• [SUPPLIED MATERIAL]

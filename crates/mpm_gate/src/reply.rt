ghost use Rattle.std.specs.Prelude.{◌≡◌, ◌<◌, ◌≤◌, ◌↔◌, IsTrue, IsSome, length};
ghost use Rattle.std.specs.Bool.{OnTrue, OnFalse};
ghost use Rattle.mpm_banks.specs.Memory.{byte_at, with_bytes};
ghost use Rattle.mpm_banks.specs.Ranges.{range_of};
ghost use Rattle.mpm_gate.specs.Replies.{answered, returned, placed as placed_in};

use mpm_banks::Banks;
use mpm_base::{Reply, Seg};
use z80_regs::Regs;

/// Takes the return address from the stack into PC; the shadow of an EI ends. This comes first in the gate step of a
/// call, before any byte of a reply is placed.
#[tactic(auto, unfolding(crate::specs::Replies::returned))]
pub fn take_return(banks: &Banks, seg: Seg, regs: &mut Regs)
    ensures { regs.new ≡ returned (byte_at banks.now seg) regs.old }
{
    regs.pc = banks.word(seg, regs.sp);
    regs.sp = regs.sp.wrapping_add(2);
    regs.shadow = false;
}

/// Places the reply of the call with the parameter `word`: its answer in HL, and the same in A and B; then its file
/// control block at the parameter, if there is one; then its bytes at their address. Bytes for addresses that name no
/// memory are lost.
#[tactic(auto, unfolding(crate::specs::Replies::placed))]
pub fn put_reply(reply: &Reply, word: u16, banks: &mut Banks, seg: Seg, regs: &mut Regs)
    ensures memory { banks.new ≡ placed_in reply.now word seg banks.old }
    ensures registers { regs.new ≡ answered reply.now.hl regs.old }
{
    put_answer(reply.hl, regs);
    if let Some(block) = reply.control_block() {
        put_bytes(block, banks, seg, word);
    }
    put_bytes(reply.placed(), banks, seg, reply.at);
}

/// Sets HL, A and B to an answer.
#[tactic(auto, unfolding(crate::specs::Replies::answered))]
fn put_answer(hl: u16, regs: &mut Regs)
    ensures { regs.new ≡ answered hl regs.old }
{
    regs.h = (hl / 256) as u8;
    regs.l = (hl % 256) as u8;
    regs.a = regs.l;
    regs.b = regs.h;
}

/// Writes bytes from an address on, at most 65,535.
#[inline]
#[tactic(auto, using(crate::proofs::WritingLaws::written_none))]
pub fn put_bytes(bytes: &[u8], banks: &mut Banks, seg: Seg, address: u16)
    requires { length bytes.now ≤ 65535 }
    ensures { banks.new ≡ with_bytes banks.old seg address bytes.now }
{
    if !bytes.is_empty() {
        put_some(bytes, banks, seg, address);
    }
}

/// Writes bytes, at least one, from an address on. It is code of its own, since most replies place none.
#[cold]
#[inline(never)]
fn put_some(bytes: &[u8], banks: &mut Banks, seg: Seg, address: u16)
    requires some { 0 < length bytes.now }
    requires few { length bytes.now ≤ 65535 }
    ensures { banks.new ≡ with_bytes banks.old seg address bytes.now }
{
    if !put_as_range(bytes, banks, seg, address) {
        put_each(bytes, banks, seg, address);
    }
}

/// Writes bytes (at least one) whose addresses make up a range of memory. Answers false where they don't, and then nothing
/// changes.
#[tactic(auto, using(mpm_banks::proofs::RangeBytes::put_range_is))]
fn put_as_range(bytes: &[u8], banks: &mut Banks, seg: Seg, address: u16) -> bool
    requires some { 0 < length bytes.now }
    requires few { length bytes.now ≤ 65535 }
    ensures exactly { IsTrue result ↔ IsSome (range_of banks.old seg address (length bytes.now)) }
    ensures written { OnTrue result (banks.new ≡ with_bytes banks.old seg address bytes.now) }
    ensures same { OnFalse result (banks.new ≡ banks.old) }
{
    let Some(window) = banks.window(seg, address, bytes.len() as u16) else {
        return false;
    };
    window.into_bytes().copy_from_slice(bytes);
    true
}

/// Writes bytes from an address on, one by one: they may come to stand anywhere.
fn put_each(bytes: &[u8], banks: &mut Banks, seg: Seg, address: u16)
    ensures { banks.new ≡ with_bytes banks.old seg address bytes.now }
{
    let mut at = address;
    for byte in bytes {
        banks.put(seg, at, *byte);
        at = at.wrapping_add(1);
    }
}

• [ACTION ITEM]
Each line in the data that holds the string "length" should be found and copied.

• [EXERCISE RESPONSE]
ghost use Rattle.std.specs.Prelude.{◌≡◌, ◌<◌, ◌≤◌, ◌↔◌, IsTrue, IsSome, length};
    requires { length bytes.now ≤ 65535 }
    requires some { 0 < length bytes.now }
    requires few { length bytes.now ≤ 65535 }
    requires some { 0 < length bytes.now }
    requires few { length bytes.now ≤ 65535 }
    ensures exactly { IsTrue result ↔ IsSome (range_of banks.old seg address (length bytes.now)) }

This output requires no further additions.